Power cords are extensively adopted in data centers and server rooms to deliver power to various electronic loads and computer equipment. Judging solely from their appearance, you may find that there exist a confusing array of power cords with various plugs and receptacles. Not to mention that the application of each also varies largely. So how to identify power cords and get them organized within your IT rack? This article may solve your problem.

What to Know About Power Cord?

The connection of electronic equipment to the AC power supply is achieved by power cord, which has detachable connectors on both ends. There are three parts involved in a power cord: a cable plug (male connector) that can be inserted into AC outlet to provide power, a receptacle (female connector) to be attached to equipment, and a cord that connects these two parts. In this section, power cords with various connector types are presented, with a detailed analysis of their names, appearance and applications.

power cord

IEC 60320 Power Cord

The International Electrotechnical Commission (IEC) has published international standards IEC 60320 for power cords. You can find IEC 60320 C13 to C14 connector on almost all personal computers and monitors. It has a rating of 10 amps and the female connector end is noted as C13 while the male connector end is noted as C14. The IEC 60320 C19 to C20 connectors are rated for 16 amps and again have a female connector end (C19) and a male connector end (C20).

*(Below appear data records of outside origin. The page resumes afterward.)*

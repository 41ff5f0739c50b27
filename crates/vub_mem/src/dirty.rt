ghost use Rattle.std.specs.Prelude.{◌≡◌, ◌↔◌, ℕ, ◌*◌, ◌<◌, ◌^◌, Option, Some, IfOk, IfErr, OnErr};
ghost use Rattle.vub_base.specs.Told.{Told};
ghost use Rattle.vub_mem.specs.LogBits.{LogBits, MarksPage, LoadsByte, HarvestsWord, MarksTold, LoadsTold, HarvestsTold, SpentTold, no_bits};

use crate::errors::LogError;

/// A log of dirty pages, with one bit a page: page `p` is bit `p % 8` of byte `p / 8`.
///
/// What a mark does and what a byte shows are relations, since a log that others share may change meanwhile. Of a log
/// that tells its bits these relations are bound to the bits: a mark sets the bit of its page and nothing else, a load
/// gives the bits of its byte and changes nothing.
pub trait DirtyLog: Drop {
    // how many bytes the log has
    ghost byte_len: { Self → ℕ };

    // the bits of the pages and the counts of harvests, where the log tells them
    ghost log_bits: { Self → Option LogBits };

    // a mark of this page may leave the second log for the first
    ghost marks: { Self → ℕ → Self → Type 0 };

    // this byte may be read as this number, and leave the second log for the first
    ghost loads: { Self → ℕ → ℕ → Self → Type 0 };

    /// How many bytes the log has. The number never changes.
    fn len(&self) -> u64
        ensures value { result ≡ byte_len self.now }
        ensures bound { byte_len self.now < 2 ^ 61 };

    /// Marks a page. Takes no memory.
    fn mark(&mut self, page: u64)
        requires { page < 8 * byte_len self.old }
        ensures marked { marks self.old page self.new }
        ensures told { Told (log_bits self.old) (log_bits self.new) (MarksPage page) }
        ensures len { byte_len self.new ≡ byte_len self.old };

    /// The bits of eight pages: the byte with this number.
    fn load(&mut self, byte: u64) -> u8
        requires { byte < byte_len self.old }
        ensures loaded { loads self.old byte result self.new }
        ensures told { Told (log_bits self.old) (log_bits self.new) (LoadsByte byte result) }
        ensures len { byte_len self.new ≡ byte_len self.old };

    // law: where the bits are told, a mark of a page that the log has sets its bit, and changes nothing else
    ghost marks_its_page: { MarksTold byte_len log_bits marks };

    // law: where the bits are told, a load of a byte that the log has gives its bits, and changes nothing
    ghost loads_its_byte: { LoadsTold byte_len log_bits loads };
}

/// A log of dirty pages whose words are harvested: word `w` holds pages `32 * w` to `32 * w + 31`, page `p` as bit
/// `p % 32`.
///
/// Of a log that tells its bits and its counts a harvest gives the bits of its word, clears them and raises the count
/// of that word by 1; all else stays.
pub trait HarvestLog: DirtyLog {
    // a harvest of this word may hand out these bits, and leave the second log for the first
    ghost harvests: { Self → ℕ → ℕ → Self → Type 0 };

    // the word was harvested 4294967295 times
    ghost spent: { Self → ℕ → Type 0 };

    /// Hands out the bits of a word and clears them. Takes no memory.
    ///
    /// # Errors
    /// `GenerationsSpent` exactly where the word was harvested 4294967295 times. Nothing changes then.
    fn harvest(&mut self, word: u64) -> Result<u32, LogError>
        requires { 4 * word < Self.byte_len self.old }
        ensures harvested { IfOk result (λ bits. harvests self.old word bits self.new) }
        ensures told { Told (Self.log_bits self.old) (Self.log_bits self.new) (HarvestsWord word result) }
        ensures spent { (result ≡ Err LogError.GenerationsSpent) ↔ spent self.old word }
        ensures only { OnErr result (result ≡ Err LogError.GenerationsSpent) }
        ensures err { OnErr result (self.new ≡ self.old) }
        ensures len { Self.byte_len self.new ≡ Self.byte_len self.old };

    // law: where the bits are told, a harvest that is made is as its definition says
    ghost harvests_its_word: { HarvestsTold Self.byte_len Self.log_bits harvests };

    // law: where the counts are told, a word is spent exactly where its count is 4294967295
    ghost spends_its_word: { SpentTold Self.byte_len Self.log_bits spent };
}

/// A numbered log.
#[derive(Drop)]
pub struct Stored<L: DirtyLog> {
    /// The number by which regions name it: of two logs with one number the first is meant.
    pub object: u32,
    /// The log.
    pub log: L,
}

/// The log of length 0, which has no page to mark. A mark, a load and a harvest of any number change nothing, and no
/// bit is set.
impl DirtyLog for () {
    ghost byte_len = { λ _. 0 };

    ghost log_bits = { λ _. Some no_bits };

    ghost marks = { λ a _ b. a ≡ b };

    ghost loads = { λ a _ bits b. (bits ≡ 0) × (a ≡ b) };

    ghost use Rattle.vub_mem.specs.NoPage.{no_page};

    ghost marks_its_page = { λ old page new has goes. absurd (no_page page has) };

    ghost loads_its_byte = { λ old byte number new has goes. absurd (no_page byte has) };

    fn len(&self) -> u64 {
        0
    }

    fn mark(&mut self, _page: u64)
        ensures { self.old ≡ self.new }
    {}

    fn load(&mut self, _byte: u64) -> u8
        ensures bits { result ≡ 0 }
        ensures same { self.old ≡ self.new }
    {
        0u8
    }
}

impl HarvestLog for () {
    ghost harvests = { λ a _ bits b. (bits ≡ 0) × (a ≡ b) };

    ghost spent = { λ _ _. ⊥ };

    ghost use Rattle.vub_mem.specs.NoPage.{no_page};

    ghost harvests_its_word = { λ old word number new has goes. absurd (no_page (4 * word) has) };

    ghost spends_its_word = { λ log word has. absurd (no_page (4 * word) has) };

    fn harvest(&mut self, _word: u64) -> Result<u32, LogError>
        ensures bits { result ≡ Ok 0 }
        ensures same { self.old ≡ self.new }
    {
        Ok(0)
    }
}
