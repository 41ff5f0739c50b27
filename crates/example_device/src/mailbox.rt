//! The service of the device.
ghost use Rattle.std.specs.Prelude.{◌≡◌, [], take};

use bibplush::{Bytes, OutOfMemory, Service};
use std::alloc::Global;

/// A box for one message: each request puts its bytes in, and is replied with the message that lay there before, or with
/// as much of it as there is room for. Nothing lies there at first.
#[derive(Debug, Drop)]
pub struct Mailbox {
    message: Bytes,
}

impl Mailbox {
    /// An empty box. Takes no memory.
    pub fn new(alloc: Global) -> Mailbox
        ensures { result.message ≡ [] }
    {
        Mailbox {
            message: Bytes::new(alloc),
        }
    }
}

impl Service for Mailbox {
    ghost reply_of = { λ it _ room. take room it.message };

    ghost after = { λ it request _. record it { message = request } };

    fn serve(&mut self, alloc: Global, request: &[u8], room: u32) -> Result<Bytes, OutOfMemory> {
        let length = self.message.len().min(room as usize);
        let reply = Bytes::from_slice(alloc, &self.message.as_slice()[..length])?;
        let message = Bytes::from_slice(alloc, request)?;
        self.message = message;
        Ok(reply)
    }
}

C19 to C20 connectors are commonly used for devices such as some servers and UPS systems. The details of IEC C13 to C14 power cord and C19 to C20 power cord are presented below.

IEC 60320 C13-C14 & C19-C20

NEMA Power Cord

Established by the National Electrical Manufacturers Association (N.E.M.A.), NEMA describes various connectors used on power cords throughout North America and some other countries. NEMA devices range in amperages from 15-60, and in voltages from 125-600. The most common NEMA connectors are the 5-15 and 5-20 designations. The first number indicates the plug configuration. This includes the number of poles and wires and the voltage. The second number in the code indicates the amp rating of the device, and is followed by an “R” for receptacle, or a “P” for a plug. For example: 5-15R is a 125V, 2-pole, 3-wire receptacle rated at 15 amps and is the most commonly found power outlet in houses in the U.S.

NEMA 5-15p to 5-15r

Amps vs Wire Gauge

There is a direct correlation between cable length, amperage and wire gauges. The following list is a basic breakdown of the relationship of amperage vs wire gauge. These are only basic guidelines, so as the length of the cord is increased either the amps will decrease or the wire gauge will have to be increased.

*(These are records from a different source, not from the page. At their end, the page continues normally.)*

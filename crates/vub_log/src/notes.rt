// What the parties of a shared log note. Only proofs see these: no value of them is made.
use std::collections::LinkedList;

/// A page that was marked, with the generation that its word had.
pub struct MarkNote {
    pub page: u64,
    pub generation: u64,
}

/// A load of a word: the bits of its 32 pages and its generation, both as found by the one step.
pub struct LoadNote {
    pub word: u64,
    pub bits: u64,
    pub generation: u64,
}

/// A harvest of a word, and the bits that it took.
pub struct HarvestNote {
    pub word: u64,
    pub bits: u64,
}

/// What a party of a shared log noted, each list in order. One party keeps the harvests, and it has all of them.
pub struct Notes {
    pub keeps: bool,
    pub harvests: LinkedList<HarvestNote>,
    pub marks: LinkedList<MarkNote>,
    pub loads: LinkedList<LoadNote>,
}
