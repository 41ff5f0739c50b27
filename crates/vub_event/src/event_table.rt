ghost use Rattle.std.specs.Prelude.{◌≡◌, ◌+◌, ◌/◌, ◌<◌, ◌≤◌, ◌∷◌, [], true, not, is_some, length, map, if◌then◌else◌, IfOk, OnErr, MatchResult};
ghost use Rattle.vub_event.specs.HostTable.{empty_table, event_at, has_event, has_list, member_at, members_at, is_listed, with_event, with_members, ready_members, IsLeastOf};
ghost use Rattle.vub_event.specs.InterestList.{with_member, with_changed, without_member};
ghost use Rattle.vub_event.specs.ReadyWords.{IsReadyBut, IsReadyList, AreReadyBut, AreReady};
ghost use Rattle.vub_event.specs.HostCalls.{has_both, is_claimed, consume_after, CreateEventCall, CreateListCall, SignalCall, ConsumeCall, AddCall, ModifyCall, DeleteCall, ListenCall, UnlistenCall, ConsumeAsCall, ReadyCall, FirstReadyCall, ReadyManyCall, ClaimCall, release_after, hang_up_after, close_after};
ghost use Rattle.vub_event.specs.Errors.{RefusesBy};

use crate::error::HostError;
use crate::event::Event;
use crate::event_set::EventSet;
use crate::member::Member;
use crate::members::Members;
use crate::ready::Ready;
use crate::ready_words::ReadyWords;
use std::alloc::Global;
use std::marker::Model;
use std::sync::ledger::Ledger;
use vub_base::{OutOfMemory, Steps};

/// The objects and the interest lists of a host, with the ready members of each list. A contract sees the host table.
#[derive(Debug, Drop)]
pub struct EventTable {
    objects: Vec<Option<Event>>,
    lists: Vec<Members>,
    ready: Vec<ReadyWords>,
}

impl Model for EventTable {
    ghost use Rattle.vub_event.specs.HostTable.{HostTable};

    ghost Value = { HostTable };

    ghost use Rattle.vub_event.specs.ReadyWords.{AreReady};

    ghost view = { λ t. record { objects = t.objects.items; lists = t.lists.items } };

    ghost invariant = { λ t. AreReady t.objects.items t.lists.items t.ready.items };
}

/// How many objects, or lists, are ever made.
const MOST: usize = 4_294_967_295;

/// The flags of a new event object, as eventfd(2) has them: SEMAPHORE, NONBLOCK and CLOEXEC.
const FLAGS: u32 = 0x8_0801;

/// The number of the next object or list where so many were made.
///
/// # Errors
/// [`HostError::OutOfMemory`] exactly where all numbers are given.
fn next_number(made: usize) -> Result<u32, HostError>
    ensures { MatchResult result (λ number. (number ≡ made) × (number < 4294967295))
        (λ e. (e ≡ HostError.OutOfMemory) × (4294967295 ≤ made)) }
{
    if made >= MOST {
        return Err(HostError::OutOfMemory);
    }
    Ok(made as u32)
}

/// Writes into the words of a list whether the member for this object is ready.
fn refresh(objects: &[Option<Event>], members: &Members, words: &mut ReadyWords, object: u32)
    requires { IsReadyBut object objects.now members.now words.old }
    ensures { IsReadyList objects.now members.now words.new }
{
    let is_ready = members.report(objects, object).is_some();
    words.put(object, is_ready);
}

/// Writes into the words of each list whether the member for this object is ready.
fn refresh_all(objects: &[Option<Event>], lists: &[Members], ready: &mut [ReadyWords], object: u32)
    requires { AreReadyBut object objects.now lists.now ready.old }
    ensures { AreReady objects.now lists.now ready.new }
{
    for i in 0..lists.len() {
        refresh(objects, &lists[i], &mut ready[i], object);
    }
}

/// Takes this object off each list.
fn take_off(lists: &mut [Members], object: u32)
    ensures { lists.new ≡ map (λ members. without_member members object) lists.old }
{
    for members in lists.iter_mut() {
        let _removed = members.remove(object);
    }
}
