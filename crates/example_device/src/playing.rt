//! The run, with the promise of `drive` handed on.
ghost use Rattle.std.specs.Prelude.{IfOk, IfErr};
ghost use Rattle.bibplush.specs.Asked.{constants_by};
ghost use Rattle.bibplush.specs.DeviceRun.{state_by, telling_by};
ghost use Rattle.bibplush.specs.Meanings.{meaning_by};
ghost use Rattle.bibplush.specs.Outcome.{IsPlayed, IsRefused};

use bibplush::{DriveFault, Run, Service, Setup, VhostUserBackendMut, drive};
use std::alloc::Global;

/// Plays a schedule with any device and any service: the run is one of the machine of party turns, from the opening of
/// the set-up, and device and service are as their calls in it left them.
///
/// # Errors
/// As [`drive`].
pub fn play<D: VhostUserBackendMut, V: Service>(
    alloc: Global,
    setup: &Setup,
    device: &mut D,
    service: &mut V,
    schedule: &[u32],
) -> Result<Run, DriveFault>
    ensures played { IfOk result (IsPlayed (meaning_by V.Service) (telling_by D.VhostUserBackendMut)
        (constants_by D.VhostUserBackendMut D.Bitmap.TRACKS device.old) setup.now schedule.now service.old service.new
        (state_by D.VhostUserBackendMut device.old) (state_by D.VhostUserBackendMut device.new)) }
    ensures refused { IfErr result (IsRefused (meaning_by V.Service) (telling_by D.VhostUserBackendMut)
        (constants_by D.VhostUserBackendMut D.Bitmap.TRACKS device.old) setup.now schedule.now service.old service.new
        (state_by D.VhostUserBackendMut device.old) (state_by D.VhostUserBackendMut device.new)) }
{
    drive(alloc, setup, device, service, schedule)
}
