//! Requests that pull the ground from under a ring: rings that lie over each other, memory that goes while an entry is
//! in hand, kicks and calls that are somebody else's.

use crate::rows::expect_rows;
use std::test::Fail;
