impl<L: HarvestLog> GuestMemory<L> {
    ghost use Rattle.vub_mem.specs.Logs.{log_len, ChangesOne, HoldsOf};

    /// Hands out the bits of a word of the log with this number, which has the word, and clears them.
    ///
    /// # Errors
    /// `GenerationsSpent` exactly where the word was harvested 4294967295 times. Nothing changes then.
    pub fn harvest(&mut self, object: u32, word: u64) -> Result<u32, LogError>
        requires { 4 * word < log_len L.byte_len self.old.logs object }
        ensures harvested { IfOk result (λ bits. ChangesOne
            (λ old new. L.harvests old word bits new) self.old.logs object self.new.logs) }
        ensures spent { (result ≡ Err LogError.GenerationsSpent) ↔ HoldsOf
            (λ log. L.spent log word) self.old.logs object }
        ensures only { OnErr result (result ≡ Err LogError.GenerationsSpent) }
        ensures err { OnErr result (self.new ≡ self.old) }
        ensures guest { self.new.guest ≡ self.old.guest }
        ensures keeps { (o : ℕ) → log_len L.byte_len self.new.logs o ≡ log_len L.byte_len self.old.logs o }
    {
        harvest_log(&mut self.logs, object, word)
    }
}
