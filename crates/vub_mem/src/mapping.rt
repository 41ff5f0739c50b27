ghost use Rattle.std.specs.Prelude.{◌≡◌};
ghost use Rattle.std.specs.List.{find};
ghost use Rattle.std.specs.Option.{option_copied};
ghost use Rattle.vub_mem.specs.Mappings.{maps, gpa_of};

use crate::errors::MemError;

/// A range of addresses of the front end, and the guest address at which it begins.
#[derive(Clone, Copy, Debug, PartialEq, Eq)]
pub struct Mapping {
    /// The first address of the front end.
    pub user: u64,
    /// The length in bytes.
    pub len: u64,
    /// The guest address of the first.
    pub start: u64,
}

impl Mapping {
    /// Whether the mapping holds this address of the front end.
    pub fn holds(&self, va: u64) -> bool
        ensures { result ≡ maps self.now va }
    {
        self.user <= va
            && va - self.user < self.len
            && self.start.checked_add(va - self.user).is_some()
    }
}

fn find_mapping(mappings: &[Mapping], va: u64) -> Option<&Mapping>
    ensures { option_copied result ≡ find (λ m. maps m va) mappings.now }
{
    mappings.iter().find(|m| m.holds(va))
}

/// The guest address of an address of the front end: that of the first mapping that holds it.
///
/// # Errors
/// `MissingMemoryMapping` exactly where no mapping holds it.
pub fn va_to_gpa(mappings: &[Mapping], va: u64) -> Result<u64, MemError>
    ensures { result ≡ gpa_of mappings.now va }
{
    match find_mapping(mappings, va) {
        Some(mapping) => Ok(mapping.start + (va - mapping.user)),
        None => Err(MemError::MissingMemoryMapping),
    }
}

Amperage Recommended Wire Gauge
7a 20 AWG
10a 18 AWG
13a 16 AWG
15a 14 AWG
20a 12 AWG
Wire Color-Coding

For safety and convenience reasons, wire color-coding standards were developed for the jackets of the individual conductors inside power cords. Below is a list of the US and European color-coding standards. Please note that these apply to most power cords in the US and Europe. Color-coding may vary in certain applications.

Wire USA Color EU Wire Color
Live Wire Black Brown
Negative Wire White Blue
Ground Wire Green Yellow/Green

Safety Issues: connectors of power cords are made differently for various utilization voltages, with the purpose of preventing equipment designed for one voltage to be inadvertently connected to another. Using power cords with either higher or lower voltage than the equipment designed voltage is harmful-it may damage the equipment or present a fire hazard.

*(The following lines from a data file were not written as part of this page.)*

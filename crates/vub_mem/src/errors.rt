use thiserror::Error;

/// Why a call on guest memory was refused. A refused call has changed nothing.
#[derive(Clone, Copy, Debug, PartialEq, Eq, Error)]
pub enum MemError {
    /// A region of length 0, or a table with no region.
    #[error("empty region or empty table")]
    Empty,
    /// A region starts before the one that it follows.
    #[error("regions out of order")]
    Order,
    /// Two regions share a guest address.
    #[error("regions overlap")]
    Overlap,
    /// A region passes the last guest address, 2^64 - 1.
    #[error("region past the last address")]
    Wraps,
    /// A region passes the end of its object, or no object has its number.
    #[error("region past its object")]
    PastObject,
    /// No region has this start and this length.
    #[error("no such region")]
    NoSuchRegion,
    /// Some address of the range lies in no region.
    #[error("outside of guest memory")]
    Outside,
    /// No mapping holds the address.
    #[error("no mapping holds the address")]
    MissingMemoryMapping,
    /// Want of memory.
    #[error("out of memory")]
    OutOfMemory,
}

/// Why a call on a log of dirty pages was refused. A refused call has changed nothing.
#[derive(Clone, Copy, Debug, PartialEq, Eq, Error)]
pub enum LogError {
    /// A log of no bytes.
    #[error("empty log")]
    EmptyLog,
    /// The part of the log passes its end, or no log has this number.
    #[error("log past its object")]
    PastObject,
    /// The start or the length of a region is no multiple of 4096.
    #[error("region is not page aligned")]
    NotPageAligned,
    /// The log has no bit for the last page of a region.
    #[error("log too small")]
    TooSmall,
    /// Dirty pages are not tracked.
    #[error("dirty pages are not tracked")]
    Unsupported,
    /// The word was harvested 4294967295 times.
    #[error("generations of the word are spent")]
    GenerationsSpent,
    /// Want of memory.
    #[error("out of memory")]
    OutOfMemory,
}
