//! Marks the pages that a write meets.
ghost use Rattle.std.specs.Prelude.{◌≡◌, ◌≢◌, ℕ, false, ◌+◌, ◌*◌, ◌<◌, ◌^◌, ◌/◌, ◌≤◌, max, ◌==◌, ◌∷◌, [], IfSome, IfNone};
ghost use Rattle.std.specs.List.{position, list_any, AllByRecursion};
ghost use Rattle.vub_mem.specs.Halving.{IsPast, StandsAt};
ghost use Rattle.vub_mem.specs.Sound.{IsApart, IsBounded, IsLogged};
ghost use Rattle.vub_mem.specs.Marks.{MarksOne, MarksAll, page_marks, mark_at, marks_of, page_count};
ghost use Rattle.vub_mem.specs.Found.{IsLogPlace};
ghost use Rattle.vub_mem.specs.Logs.{log_len, ChangesOne};
ghost use Rattle.vub_mem.specs.Track.{IsTrackable, log_fault};

use crate::dirty::{DirtyLog, Stored};
use crate::errors::LogError;
use crate::places::region_on;
use crate::region::Region;
use crate::track::test_tracks;

fn log_index<L: DirtyLog>(logs: &[Stored<L>], object: u32) -> Option<usize>
    ensures { result ≡ position (λ s. s.object == object) logs.now }
{
    logs.iter().position(|s| s.object == object)
}

/// The place of the log with this number.
pub(crate) fn log_place<L: DirtyLog>(logs: &[Stored<L>], object: u32) -> Option<usize>
    ensures found { IfSome result (λ k. IsLogPlace logs.now object k) }
    ensures none { IfNone result (log_len L.byte_len logs.now object ≡ 0) }
{
    match log_index(logs, object) {
        Some(index) => Some(index),
        None => None,
    }
}

fn any_log<L: DirtyLog>(logs: &[Stored<L>], object: u32) -> bool
    ensures { result ≡ list_any (λ s. s.object == object) logs.now }
{
    logs.iter().any(|s| s.object == object)
}

/// Whether a log has this number.
pub(crate) fn is_log<L: DirtyLog>(logs: &[Stored<L>], object: u32) -> bool
    ensures value { result ≡ list_any (λ s. s.object == object) logs.now }
    ensures absent { result ≡ false → AllByRecursion (λ s. s.object ≢ object) logs.now }
{
    if any_log(logs, object) { true } else { false }
}

/// A byte of the log with this number, which has it.
pub(crate) fn load_log<L: DirtyLog>(logs: &mut [Stored<L>], object: u32, byte: u64) -> u8
    requires { byte < log_len L.byte_len logs.old object }
    ensures loaded { ChangesOne (λ old new. L.loads old byte result new) logs.old object logs.new }
    ensures keeps { (o : ℕ) → log_len L.byte_len logs.new o ≡ log_len L.byte_len logs.old o }
{
    match log_place(logs, object) {
        None => unreachable!(),
        Some(index) => {
            let stored = &mut logs[index];
            stored.log.load(byte)
        }
    }
}

/// How many bytes the log with this number has, and 0 where there is none.
pub(crate) fn log_bytes<L: DirtyLog>(logs: &[Stored<L>], object: u32) -> u64
    ensures value { result ≡ log_len L.byte_len logs.now object }
    ensures bound { result < 2 ^ 61 }
{
    match log_place(logs, object) {
        None => 0,
        Some(index) => {
            let stored = &logs[index];
            stored.log.len()
        }
    }
}

/// The first test that fails for a part of a log.
#[tactic(auto, unfolding(crate::specs::Track::log_fault))]
pub(crate) fn test_log<L: DirtyLog>(
    regions: &[Region],
    logs: &[Stored<L>],
    object: u32,
    offset: u64,
    size: u64,
    tracks: bool,
) -> Option<LogError>
    requires { AllByRecursion IsBounded regions.now }
    ensures value { result ≡ log_fault L.byte_len logs.now regions.now object offset size tracks }
    ensures trackable { IfNone result (AllByRecursion (λ r. IsTrackable size r) regions.now) }
    ensures within { IfNone result (offset + size ≤ log_len L.byte_len logs.now object) }
    ensures bound { log_len L.byte_len logs.now object < 2 ^ 61 }
{
    let have = log_bytes(logs, object);
    if size == 0 {
        return Some(LogError::EmptyLog);
    }
    match offset.checked_add(size) {
        None => return Some(LogError::PastObject),
        Some(end) => {
            if end > have {
                return Some(LogError::PastObject);
            }
        }
    }
    match test_tracks(regions, size, tracks) {
        Some(fault) => Some(fault),
        None => None,
    }
}

/// Marks a page that the log has.
pub(crate) fn mark_one<L: DirtyLog>(log: &mut L, page: u64)
    requires { page < 8 * L.byte_len log.old }
    ensures { page_marks L.byte_len L.marks log.old page log.new }
{
    log.mark(page);
}

/// Marks a page of the log with this number, which has it.
fn mark_log<L: DirtyLog>(logs: &mut [Stored<L>], object: u32, page: u64)
    requires { page < 8 * log_len L.byte_len logs.old object }
    ensures { MarksOne (page_marks L.byte_len L.marks) logs.old (record { object = object; page = page }) logs.new }
{
    match log_place(logs, object) {
        None => unreachable!(),
        Some(index) => {
            let stored = &mut logs[index];
            mark_one(&mut stored.log, page);
        }
    }
}

/// Marks the page of an address, if its region has a log. Only the region of this place can hold the address.
#[tactic(auto, unfolding(crate::specs::Marks::mark_at))]
fn mark_page<L: DirtyLog>(regions: &[Region], logs: &mut [Stored<L>], place: usize, addr: u64)
    requires bounded { AllByRecursion IsBounded regions.now }
    requires stands { StandsAt regions.now addr place }
    requires logged { AllByRecursion (λ r. IsLogged L.byte_len logs.old r) regions.now }
    ensures { MarksAll (page_marks L.byte_len L.marks) logs.old (mark_at regions.now addr) logs.new }
{
    match region_on(regions, place, addr) {
        None => {}
        Some(region) => match region.log {
            None => {}
            Some(place) => mark_log(logs, place.object, 8 * place.offset + addr / 4096),
        },
    }
}

/// How many pages a range meets.
fn count_pages(addr: u64, len: u64) -> u64
    requires { addr + len < 2 ^ 64 }
    ensures value { result ≡ page_count addr len }
    ensures small { result + addr / 4096 ≤ 2 ^ 52 }
{
    if len == 0 {
        0
    } else {
        (addr + len - 1) / 4096 - addr / 4096 + 1
    }
}

/// The place of the only region from this one on that can hold the address. Those before it end at or below it.
fn stand_from(regions: &[Region], place: usize, addr: u64) -> usize
    requires apart { IsApart regions.now }
    requires bounded { AllByRecursion IsBounded regions.now }
    requires past { IsPast regions.now addr place }
    ensures { StandsAt regions.now addr result }
{
    let mut on = place;
    while on < regions.len() && regions[on].start + regions[on].len <= addr {
        on += 1;
    }
    on
}

/// Marks each page that the range meets in a region with a log. Only the region of this place can hold the first
/// address.
pub(crate) fn mark_from<L: DirtyLog>(
    regions: &[Region],
    logs: &mut [Stored<L>],
    place: usize,
    addr: u64,
    len: u64,
)
    requires bounded { AllByRecursion IsBounded regions.now }
    requires apart { IsApart regions.now }
    requires stands { StandsAt regions.now addr place }
    requires logged { AllByRecursion (λ r. IsLogged L.byte_len logs.old r) regions.now }
    requires ends { addr + len < 2 ^ 64 }
    ensures marked { MarksAll (page_marks L.byte_len L.marks) logs.old (marks_of regions.now addr len) logs.new }
    ensures logged { AllByRecursion (λ r. IsLogged L.byte_len logs.new r) regions.now }
{
    let count = count_pages(addr, len);
    let mut on = place;
    for i in 0..count {
        let at = addr.max(4096 * (addr / 4096 + i));
        on = stand_from(regions, on, at);
        mark_page(regions, logs, on, at);
    }
}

Tips for Manage Power Cords Within Racks

Power cords and data cords, such as fiber optic cables or copper cables, are inevitably co-exist within an IT rack. It is necessary to get them organized for better network performance and aesthetic appeals. We offer three tips here to achieve efficient power cord management.

Tip One: Separate power and data cables

We know the fact that EMI can deteriorate the performance of cables. Separating power and fiber optic cables contributes to minimize the effects of EMI, prevent erratic or error-prone data transfer and reduce human error. It you must cross power and data cables in some specific environments, try to cross them perpendicular to each other to minimize EMI. It is suggested to bundle data cables on one rear side of the IT rack and distribute power cables at the other rear side of the IT rack. Use high quality fiber optic cables is also beneficial to minimize EMI.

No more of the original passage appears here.